Attached some benchmarks in PR description.

szehon-ho · 2025-11-17T22:11:15Z

...atalyst/src/main/scala/org/apache/spark/sql/catalyst/util/InternalRowComparableWrapper.scala

+ * Effectively the same as [[InternalRowComparableWrapper]], but using a precomputed `ordering`
+ * and `structType` to avoid the cache lookup for each row.
+ */
+class BoundInternalRowComparableWrapper(


As there's no checks now that derive structType/ordering to dataType, it seems a bit dangerous to not include them in hash/equals. Should we do that?

Alternatively we could also keep the binding by making a factory and keep this class constructor pviate, ie

object BoundInternalRowComparableFactory(dataTypes) { val structType = getStructType(dataTypes); val ordering = getOrdering(dataTypes) def newBoundInternalRowComparableWrapper(row) => BoundInternalRowComparableWrapper(row, structType, ordering, dataTypes) }

Good suggestion - I actually removed the new BoundInternalRowComparableWrapper and used this pattern on the original InternalRowComparableWrapper (since it would work equally well there as well). I kept the original constructor for binary compatibility, but marked it deprecated for the reasons explained in the comment.

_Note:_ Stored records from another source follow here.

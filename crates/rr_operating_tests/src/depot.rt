//! What corporations buy besides tiles and tokens, and what they give up over their limit.
use crate::fixtures::{
    A, B, ROSTER, desk, fund, give, give_train, give_trains, has_small_price, number_of, position,
    roster, settle, succeed,
};
use rr_books::{
    Act, Cert, Corp, Entry, Kind, Marker, Party, Place, Private, Seat, Train, TrainSource,
};
use rr_desk::{Desk, Position};
use rr_roster::Roster;
use rr_trains::depot::laws::{
    bank_sells_in_order, nobody_overspends, over_is_of_some_corporation,
    privates_go_at_fair_prices, purchases_keep_the_limit, worked_discard, worked_first_four,
    worked_private, worked_sale, worked_trade,
};
use rr_trains::depot::{is_over_limit_somewhere, judge, play};
use std::alloc::Global;
use std::process::Abort;

const BO: Corp = Corp::Bo;

const ERIE: Corp = Corp::Erie;

const NYC: Corp = Corp::Nyc;

const PRR: Corp = Corp::Prr;

const AT_NYC: Place = Place::Corp(NYC);

/// A command.
#[derive(Clone, Copy)]
enum Order {
    Buy(Corp, Kind, TrainSource),
    /// The B&O buys a 3 of the ERIE at a price, by its own president and the ERIE's.
    BuyOfErie(u64, Seat, Seat),
    Take(Corp, Private, u64),
    Trade(Kind),
    /// The ERIE gives up a 3.
    Discard,
}

use Order::{Buy, BuyOfErie, Discard, Take, Trade};

// The calls below have no contracts, so that what a test does costs its proof little.

fn command(order: Order) -> Act {
    match order {
        Buy(corp, kind, source) => Act::BuyTrain { corp, kind, source },
        BuyOfErie(price, president, seller_president) => {
            purchase(price, president, seller_president)
        }
        Take(corp, private, price) => Act::TakePrivate {
            corp,
            private,
            price,
        },
        Trade(kind) => Act::Trade { corp: NYC, kind },
        Discard => Act::Discard {
            corp: ERIE,
            kind: Kind::Three,
        },
    }
}

fn purchase(price: u64, president: Seat, seller_president: Seat) -> Act {
    Act::BuyTrainFrom {
        corp: BO,
        kind: Kind::Three,
        seller: ERIE,
        price,
        president,
        seller_president,
    }
}

/// The NYC has all 2s but three, which the PRR has, the ERIE four 3s, the pool the last one.
fn before_first_four(rt: &impl Abort, alloc: Global) -> Position {
    let mut table = position(rt, alloc, 2);
    give_trains(rt, &mut table, Kind::Two, 6, AT_NYC);
    give_trains(rt, &mut table, Kind::Two, 3, Place::Corp(PRR));
    give_trains(rt, &mut table, Kind::Three, 5, Place::Pool);
    give_trains(rt, &mut table, Kind::Three, 4, Place::Corp(ERIE));
    table
}

/// The number of the refusal of a command, or 0.
fn fault(roster: &Roster, table: &Position, order: Order) -> u8 {
    number_of(judge(roster, table, &command(order)))
}

fn begins_with_words(entries: &[Entry]) -> bool {
    matches!(entries, [Entry::Step(Marker::Act(_)), ..])
}

fn add(rt: &impl Abort, roster: &Roster, desk: &mut Desk, act: &Act) {
    assert!(rt; has_small_price(act));
    succeed(rt, play(roster, desk, act));
}

/// How many entries a command adds, and whether its words come first. The table is as it is behind it.
fn added(
    rt: &impl Abort,
    alloc: Global,
    roster: &Roster,
    table: &mut Position,
    order: Order,
) -> (usize, bool) {
    let mut desk = desk(rt, alloc, table);
    add(rt, roster, &mut desk, &command(order));
    let words = begins_with_words(desk.entries().as_slice());
    (settle(desk, table), words)
}

/// What comes of a command, and what holds of a table.
#[derive(Clone, Copy)]
enum Step {
    /// The command is refused by the fault of this number, or allowed where it is 0.
    Gets(Order, u8),
    /// The command adds its words and so many entries in all, and the next step is behind it.
    Adds(Order, usize),
    /// The corporation or player has so much.
    Has(Party, i64),
    /// The train of this kind and number is there.
    Holds(Kind, u8, Place),
    /// The private is there.
    Owns(Private, Place),
    /// Whether a corporation is over its limit.
    IsOver(bool),
}

use Step::{Adds, Gets, Has, Holds, IsOver, Owns};

fn is_right(
    rt: &impl Abort,
    alloc: Global,
    roster: &Roster,
    table: &mut Position,
    step: Step,
) -> bool {
    match step {
        Gets(order, number) => fault(roster, table, order) == number,
        Adds(order, count) => added(rt, alloc, roster, table, order) == (count, true),
        Has(party, amount) => table.books().balance(party).0 == amount,
        Holds(kind, number, place) => {
            table.books().train_holder(Train { kind, number }) == Some(place)
        }
        Owns(private, place) => table.books().holder(Cert::Private(private)) == place,
        IsOver(wanted) => is_over_limit_somewhere(table) == wanted,
    }
}

/// Whether the steps go as they say, one behind the other.
fn goes_so(rt: &impl Abort, alloc: Global, table: &mut Position, steps: &[Step]) -> bool {
    let roster = roster(rt, alloc, ROSTER);
    for step in steps {
        if !is_right(rt, alloc, &roster, table, *step) {
            return false;
        }
    }
    true
}

static FIRST_FOUR: [Step; 7] = [
    IsOver(false),
    Gets(Buy(NYC, Kind::Four, TrainSource::Bank), 0),
    Adds(Buy(NYC, Kind::Four, TrainSource::Bank), 9),
    Has(Party::Corp(NYC), 0),
    Holds(Kind::Four, 1, AT_NYC),
    Holds(Kind::Two, 6, Place::Gone),
    IsOver(true),
];

#[test]
fn the_first_four_ends_the_twos(rt: HostRuntime) {
    let mut table = before_first_four(&rt, rt.alloc());
    fund(&rt, &mut table, Party::Corp(NYC), 300);
    assert!(rt; goes_so(&rt, rt.alloc(), &mut table, &FIRST_FOUR));
}

static WITHIN_THE_LIMIT: [Step; 1] = [Gets(Discard, 42)];

static OVER_THE_LIMIT: [Step; 5] = [
    Gets(Discard, 0),
    Adds(Discard, 2),
    Holds(Kind::Three, 1, Place::Pool),
    IsOver(false),
    Gets(Discard, 42),
];

#[test]
fn a_train_too_many_goes_to_the_pool(rt: HostRuntime) {
    let mut table = before_first_four(&rt, rt.alloc());
    assert!(rt; goes_so(&rt, rt.alloc(), &mut table, &WITHIN_THE_LIMIT));
    give_train(&rt, &mut table, Kind::Four, 1, Place::Corp(Corp::Co));
    assert!(rt; goes_so(&rt, rt.alloc(), &mut table, &OVER_THE_LIMIT));
}

static PURCHASES: [Step; 5] = [
    Gets(Buy(PRR, Kind::Four, TrainSource::Bank), 2),
    Gets(Buy(PRR, Kind::Three, TrainSource::Pool), 0),
    Gets(Buy(PRR, Kind::Three, TrainSource::Bank), 44),
    Gets(Buy(PRR, Kind::Five, TrainSource::Bank), 44),
    Gets(Buy(ERIE, Kind::Three, TrainSource::Pool), 43),
];

#[test]
fn what_bank_and_pool_refuse(rt: HostRuntime) {
    let mut table = before_first_four(&rt, rt.alloc());
    fund(&rt, &mut table, Party::Corp(PRR), 299);
    assert!(rt; goes_so(&rt, rt.alloc(), &mut table, &PURCHASES));
}

/// The NYC has all 4s, the C&O the first 6.
fn with_six(rt: &impl Abort, alloc: Global) -> Position {
    let mut table = position(rt, alloc, 2);
    give_trains(rt, &mut table, Kind::Four, 4, AT_NYC);
    give_train(rt, &mut table, Kind::Six, 1, Place::Corp(Corp::Co));
    fund(rt, &mut table, Party::Corp(NYC), 800);
    table
}

/// Behind the trade the 4s are gone, and the NYC has the first diesel.
static TRADES: [Step; 9] = [
    Gets(Trade(Kind::Four), 0),
    Gets(Trade(Kind::Three), 44),
    Gets(Trade(Kind::Five), 44),
    Adds(Trade(Kind::Four), 7),
    Holds(Kind::Four, 1, Place::Gone),
    Holds(Kind::Four, 4, Place::Gone),
    Holds(Kind::Diesel, 1, AT_NYC),
    Has(Party::Corp(NYC), 0),
    Gets(Trade(Kind::Four), 44),
];

#[test]
fn a_four_is_handed_in_for_a_diesel(rt: HostRuntime) {
    let mut table = with_six(&rt, rt.alloc());
    assert!(rt; goes_so(&rt, rt.alloc(), &mut table, &TRADES));
}

/// Who leads, and who has which private.
static LEADS: [(Cert, Place); 4] = [
    (Cert::President(ERIE), Place::Seat(A)),
    (Cert::President(BO), Place::Seat(B)),
    (Cert::Private(Private::Sv), Place::Seat(A)),
    (Cert::Private(Private::Bo), Place::Seat(B)),
];

/// A leads the ERIE, which has four 3s, B the B&O; A has the SV, B the B&O's private. The B&O has 100 dollars.
fn with_presidents(rt: &impl Abort, alloc: Global) -> Position {
    let mut table = before_first_four(rt, alloc);
    for (cert, to) in &LEADS {
        give(rt, &mut table, *cert, *to);
    }
    fund(rt, &mut table, Party::Corp(BO), 100);
    table
}

static AGREED: [Step; 9] = [
    Gets(BuyOfErie(100, B, A), 0),
    Gets(BuyOfErie(101, B, A), 2),
    Gets(BuyOfErie(100, A, A), 20),
    Gets(BuyOfErie(100, B, B), 20),
    Gets(BuyOfErie(0, B, A), 45),
    Adds(BuyOfErie(100, B, A), 4),
    Holds(Kind::Three, 1, Place::Corp(BO)),
    Has(Party::Corp(ERIE), 100),
    Owns(Private::Bo, Place::Gone),
];

#[test]
fn presidents_agree_on_a_train(rt: HostRuntime) {
    let mut table = with_presidents(&rt, rt.alloc());
    assert!(rt; goes_so(&rt, rt.alloc(), &mut table, &AGREED));
}

static TAKEN: [Step; 10] = [
    Gets(Take(BO, Private::Sv, 10), 0),
    Gets(Take(BO, Private::Sv, 9), 45),
    Gets(Take(BO, Private::Sv, 41), 45),
    Gets(Take(ERIE, Private::Sv, 40), 2),
    Gets(Take(BO, Private::Bo, 220), 22),
    Gets(Take(BO, Private::Csl, 40), 22),
    Adds(Take(BO, Private::Sv, 40), 3),
    Has(Party::Seat(A), 1240),
    Has(Party::Corp(BO), 60),
    Owns(Private::Sv, Place::Corp(BO)),
];

#[test]
fn a_private_goes_for_half_to_twice_its_face(rt: HostRuntime) {
    let mut table = with_presidents(&rt, rt.alloc());
    assert!(rt; goes_so(&rt, rt.alloc(), &mut table, &TAKEN));
}

#[test]
fn laws_are_called(_rt: HostRuntime) {
    purchases_keep_the_limit();
    bank_sells_in_order();
    privates_go_at_fair_prices();
    nobody_overspends();
    over_is_of_some_corporation();
    worked_first_four();
    worked_discard();
    worked_trade();
    worked_sale();
    worked_private();
}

...atalyst/src/main/scala/org/apache/spark/sql/catalyst/util/InternalRowComparableWrapper.scala

szehon-ho

Thanks! FYI @sunchao as well

sunchao

Thanks @chirag-s-db @szehon-ho , this LGTM as well. Pending CI.

cloud-fan · 2025-11-18T10:12:46Z

Seems a real test failure in KeyGroupedPartitioningSuite

chirag-s-db · 2025-11-18T16:30:08Z

@cloud-fan Fixed here: c5ae5b7 (was missing one parameter in a migrated method)

sunchao · 2025-11-18T21:36:12Z

Thanks! Merged to master.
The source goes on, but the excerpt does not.